If we follow the original definition of data lake, we may envision a set of miscellaneous data coming from various sources in
their original format; so why bother any kind of architecture at all? To make sense of this term, it is necessary to consider how
data lakes are formed. According to [23], the architecture of a data lake describes the structure and components of the system,
indicating how to store, organize and use the data. First, we should note that although on-premise data lakes are still popular, as
cloud computing has become mainstream, cloud data lakes now offer an alternative elastic compute services to analyze data in
cloud storage on-demand. Lambda architecture [39] is a popular data lake architecture from industry. Data lake architecture has
also been widely discussed in research papers (e.g., [21]); although there is no common consensus on exactly how a data lake
architecture should be, almost all existing proposals involving multiple layers, such as data ingestion, maintenance and
exploration [23]. Another important term is the concept of modeling in data lakes. Since there is no predefined schemas in data
lakes, why modeling could still make sense? In fact, even there is no common requirement on structures of data to be stored,
there could be various case when we talk about data models and data modeling. For example, when we consider data store using
Zhengxin Chen et al. / Procedia Computer Science 214 (2022) 405–411 407
Author name / Procedia Computer Science 00 (2022) 000–000

Hadoop, we have to consider the underlying model used for data storage. Metadata modeling is another huge topic to be
addressed in data lakes literature.
There are also some new terms which were introduced due to unique features of data lakes lifecycle. For example, the
concept of query discovery was proposed in [31] to denote the task of discovering a query (or transformation) that translates data
from one form into another, which is intended to find the right operators to join, nest, group, link, and twist data into a desired
form. Furthermore, today’s data science landscape indicates that data analysis requires discovery of data that joins, unions, or
aggregates with existing data in a precise way – a paradigm referred to as query-driven data discovery. (We will revisit this
newly proposed term in Section 5.)

3. Metadata, schema matching and ontology

Since data in data lakes are coming from various sources, metadata plays extremely important role in characterizing the
diverse and heterogeneous datasets stored in data lakes. Metadata of a data lake holds the key for understanding and
manipulating that data lake; in fact, it is the only place to start working with any data set stored in that data lake. Since research
papers on metadata in data lakes are abundant, in this short section we just want to provide a very brief sketch.
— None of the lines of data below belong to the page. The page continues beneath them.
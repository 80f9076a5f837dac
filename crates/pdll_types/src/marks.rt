//! Words, refs and statements, and the variables that come into sight.

ghost use Rattle.std.specs.Prelude.{List, ◌≡◌, ◌∷◌, ◌++◌, [], false, not, ◌&&◌, if◌then◌else◌, OnOk, IfOk};
ghost use Rattle.pdll_syntax.specs.ExprTree.{refs, maybe_expr};
ghost use Rattle.pdll_syntax.specs.ExprView.{ref_form};
ghost use Rattle.pdll_syntax.specs.StmtView.{stmt_form};
ghost use Rattle.pdll_syntax.specs.declared.fault.PatKind.TheVariants.{Undefined, Redefined, WrongKind, WrongArity, AfterRoot, WrongPart};
ghost use Rattle.pdll_types.specs.Signatures.{Declared, form_of_ref};
ghost use Rattle.pdll_types.specs.Mentions.{word, ref_list, one_ref, statement};
ghost use Rattle.pdll_types.specs.Sight.{sight_with};
ghost use Rattle.pdll_types.specs.Names as names;
ghost use Rattle.pdll_types.specs.KindFaults as kinds;
ghost use Rattle.pdll_types.specs.Parts as parts;
ghost use Rattle.pdll_types.specs.Accepted.{faults};
ghost use Rattle.pdll_types.specs.Walk.{all_noted, step};

use crate::asked::Asked;
use crate::kind::Kind;
use crate::section::{Holder, Section, Standing};
use crate::sight::is_blank;
use crate::table::Table;
use crate::walk::{Walk, noted_where};
use pdll_syntax::expr::{Expr, Ref, RefForm};
use pdll_syntax::fault::{PatFault, PatKind};
use pdll_syntax::stmt::{Stmt, StmtForm};
use std::alloc::{AllocError, Global};

/// Notes a word that declares a variable, which has a value there or not.
#[tactic(auto, unfolding(crate::specs::Walk::step, crate::specs::Walk::faults_at, crate::specs::Sight::sight_behind, crate::specs::Sight::words_behind), using(crate::proofs::Noting::noted_both))]
pub fn note_word<'t>(
    walk: &mut Walk<'t>,
    section: Section,
    given: bool,
    at: usize,
    name: &'t [u8],
) -> Result<(), AllocError>
    ensures { OnOk result ((c : List Declared) → walk.new ≡ step c (word section given at name.now) walk.old) }
{
    let blank = is_blank(name);
    let twice = if blank { false } else { walk.words.put(name)? };
    walk.least = noted_where(walk.least, twice, PatKind::Redefined, at);
    let wrong = section.is_rewritten() && !given;
    walk.least = noted_where(walk.least, wrong, PatKind::WrongPart, at);
    Ok(())
}

/// Brings a variable of this kind into sight.
pub fn show<'t>(walk: &mut Walk<'t>, name: &'t [u8], kind: Option<Kind>) -> Result<(), AllocError>
    ensures { OnOk result (walk.new ≡ record walk.old { sight = sight_with walk.old.sight name.now kind }) }
{
    walk.sight.show(name, kind)
}

/// Whether a ref is a kind without `<`.
pub fn is_plain(form: &RefForm) -> bool
    ensures { result ≡ parts.is_plain (ref_form form.now) }
{
    match form {
        RefForm::Attr(of) => of.is_none(),
        RefForm::Op(name) => name.is_none(),
        RefForm::Ty => true,
        RefForm::Tys => true,
        RefForm::Value(of) => of.is_none(),
        RefForm::Values(of) => of.is_none(),
        RefForm::Named(_) => false,
    }
}

/// The first fault so far, with that of refs that aren't one kind without `<`.
fn not_plain_noted(least: Option<PatFault>, all: &[Ref]) -> Option<PatFault>
    ensures { result ≡ all_noted (faults WrongPart (parts.refs_not_plain (refs all.now))) least }
{
    match all {
        [] => least,
        [one] => noted_where(least, !is_plain(&one.form), PatKind::WrongPart, one.at),
        [first, ..] => noted_where(least, true, PatKind::WrongPart, first.at),
    }
}

/// Looks at refs and what holds them.
#[tactic(auto, unfolding(crate::specs::Walk::step, crate::specs::Walk::faults_at, crate::specs::Sight::sight_behind, crate::specs::Sight::words_behind))]
pub fn use_refs(walk: &mut Walk<'_>, section: Section, holder: Holder, all: &[Ref])
    ensures { (c : List Declared) → walk.new ≡ step c (ref_list section holder (refs all.now)) walk.old }
{
    match holder {
        Holder::Outcome => {}
        _ => {
            if section.is_rewritten() {
                walk.least = not_plain_noted(walk.least, all);
            }
        }
    }
}

fn is_undefined_ref(table: &Table<'_>, form: &RefForm) -> bool
    ensures { result ≡ names.is_undefined_ref table.now (ref_form form.now) }
{
    match form {
        RefForm::Named(name) => !table.is_constraint(name.as_slice()),
        _ => false,
    }
}

/// Whether a ref of a variable of this kind is a constraint that takes another kind, or a kind behind another one.
fn is_wrong_ref(
    alloc: Global,
    table: &Table<'_>,
    kind: &Option<Kind>,
    later: bool,
    form: &RefForm,
) -> Result<bool, AllocError>
    ensures { IfOk result (λ b. b ≡ kinds.is_wrong_ref table.now kind.now later (ref_form form.now)) }
{
    match form {
        RefForm::Named(name) => {
            let written = table.only_parameter(alloc, name.as_slice())?;
            Ok(!Asked::Written(&written).is_met(kind))
        }
        _ => Ok(later),
    }
}

fn has_one(parameters: &[Option<Kind>]) -> bool
    ensures { result ≡ kinds.is_one parameters.now }
{
    matches!(parameters, [_])
}

fn has_ref_wrong_arity(table: &Table<'_>, form: &RefForm) -> bool
    ensures { result ≡ kinds.has_ref_wrong_arity table.now (ref_form form.now) }
{
    match form {
        RefForm::Named(name) => table.is_constraint(name.as_slice())
            && !has_one(table.parameters(name.as_slice())),
        _ => false,
    }
}

/// The first fault so far, with that of a type where none may stand.
fn type_noted(least: Option<PatFault>, of: &Option<Expr>) -> Option<PatFault>
    ensures { result ≡ all_noted (faults WrongPart (parts.maybe_place (maybe_expr of.now))) least }
{
    match of {
        None => least,
        Some(x) => noted_where(least, true, PatKind::WrongPart, x.at),
    }
}

fn form_type_noted(least: Option<PatFault>, form: &RefForm) -> Option<PatFault>
    ensures { result ≡ all_noted (faults WrongPart (parts.place_of_type (ref_form form.now))) least }
{
    match form {
        RefForm::Attr(of) => type_noted(least, of),
        RefForm::Value(of) => type_noted(least, of),
        RefForm::Values(of) => type_noted(least, of),
        _ => least,
    }
}

fn wrong_type_noted(least: Option<PatFault>, holder: Holder, form: &RefForm) -> Option<PatFault>
    ensures { result ≡ all_noted (faults WrongPart (parts.wrong_type holder (ref_form form.now))) least }
{
    match holder {
        Holder::Variable | Holder::Outcome => least,
        Holder::Valued | Holder::Parameter => form_type_noted(least, form),
    }
}

/// Looks at one of the refs of a variable of this kind, behind a kind among them or not.
#[tactic(auto, unfolding(crate::specs::Walk::step, crate::specs::Walk::faults_at, crate::specs::Sight::sight_behind, crate::specs::Sight::words_behind), using(crate::proofs::Noting::noted_both))]
pub fn use_ref(
    alloc: Global,
    table: &Table<'_>,
    walk: &mut Walk<'_>,
    holder: Holder,
    kind: &Option<Kind>,
    later: bool,
    one: &Ref,
) -> Result<(), AllocError>
    ensures { OnOk result (walk.new ≡ step table.now (one_ref holder kind.now later one.now) walk.old) }
{
    let undefined = is_undefined_ref(table, &one.form);
    let wrong_kind = is_wrong_ref(alloc, table, kind, later, &one.form)?;
    let wrong_arity = has_ref_wrong_arity(table, &one.form);
    let least = noted_where(walk.least, undefined, PatKind::Undefined, one.at);
    let least = noted_where(least, wrong_kind, PatKind::WrongKind, one.at);
    let least = noted_where(least, wrong_arity, PatKind::WrongArity, one.at);
    walk.least = wrong_type_noted(least, holder, &one.form);
    Ok(())
}

fn is_wrong_statement(standing: Standing, form: &StmtForm) -> bool
    ensures { result ≡ parts.is_wrong_statement standing (stmt_form form.now) }
{
    match (standing, form) {
        (_, StmtForm::Let(_, _, _)) => false,
        (_, StmtForm::Plain(_)) => false,
        (Standing::Final, _) => false,
        (Standing::Matching, _) => true,
        (Standing::Exempt, StmtForm::Return(_)) => true,
        (Standing::Exempt, _) => false,
        (Standing::Inside, StmtForm::Return(_)) => true,
        (_, StmtForm::Rewrite(_, _, _)) => true,
        _ => false,
    }
}

/// Looks at a statement, which stands so, behind one that names a root or not.
#[tactic(auto, unfolding(crate::specs::Walk::step, crate::specs::Walk::faults_at, crate::specs::Sight::sight_behind, crate::specs::Sight::words_behind), using(crate::proofs::Noting::noted_both))]
pub fn use_statement(walk: &mut Walk<'_>, standing: Standing, late: bool, one: &Stmt)
    ensures { (c : List Declared) → walk.new ≡ step c (statement standing late one.now) walk.old }
{
    let wrong = is_wrong_statement(standing, &one.form);
    walk.least = noted_where(walk.least, late, PatKind::AfterRoot, one.at);
    walk.least = noted_where(walk.least, wrong, PatKind::WrongPart, one.at);
}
An example on
extraction of metadata can be found in [29]. The use of metadata is critical for dataset discovery (or data profiling) to handle
users’ information needs [1,34]. In particular, ontologies can be used to handle the semantics involved. A nice discussion on
data profiling in a more general context can be found in [30]. Reference [3] presented an information profiling prototype system,
which has an ontology alignment component, and reference [2] presented an approach for proximity mining for pre-filtering
schema matching.
The topic of metadata is also closely related to our observation on information granularity, which is to be presented in the
next section.

4. Granularities in data lakes

As noted by many authors, metadata in data lakes involves dealing with data and objects at various level of
granularities, and similarity measures are needed in forming these granules. For example, [18] proposed a metadata model
supports the acquisition of metadata on varying granular levels, any metadata categorization, including the acquisition of both
metadata that belongs to a specific data element as well as metadata that applies to a broader range of data.
Granularities are also a major concern of other aspects related to data lakes. One such aspect is entity resolution (ER), which
constitutes a core task for data integration which aims at matching different representations of entities coming from various
sources. Reference [4] proposed query driven entity resolution in data lakes, which explicitly manipulate information granules
through blocking and meta-blocking techniques. To achieve the goal of entity resolution, while blocking restricts the executed
comparisons to similar entities through clustering to construct entity blocks, meta-blocking is intended to restructure a given
block to a new one to reduce redundancy. An ER-enriched query plan can eventually be developed, and queries can be
processed through a newly proposed blockjoin operator.
In fact, studying such kind of information granules and handling related uncertainty issues falls in the area of granular
computing (GrC) [46]. As a backbone of GrC, rough set theory was used in a data lake to integrate the data silo with other
organizations data to optimize the operational business processes within an organization to improve data quality and efficiency
[44]. But in general, although GrC should have potential of playing a significant role in metadata management for data lakes,
such kind of expectation has not been realized. In fact, when we google the phrase “GrC for data lakes,”, it is likely that we will
get a bunch of result concerning governance (G), risk (R) and compliance (C), generally referred to as GRC in data lakes
literature,[5], but not granular computing! We hope that research activities related to data lakes from granular computing will
catch up, and the search result will be very different in coming years.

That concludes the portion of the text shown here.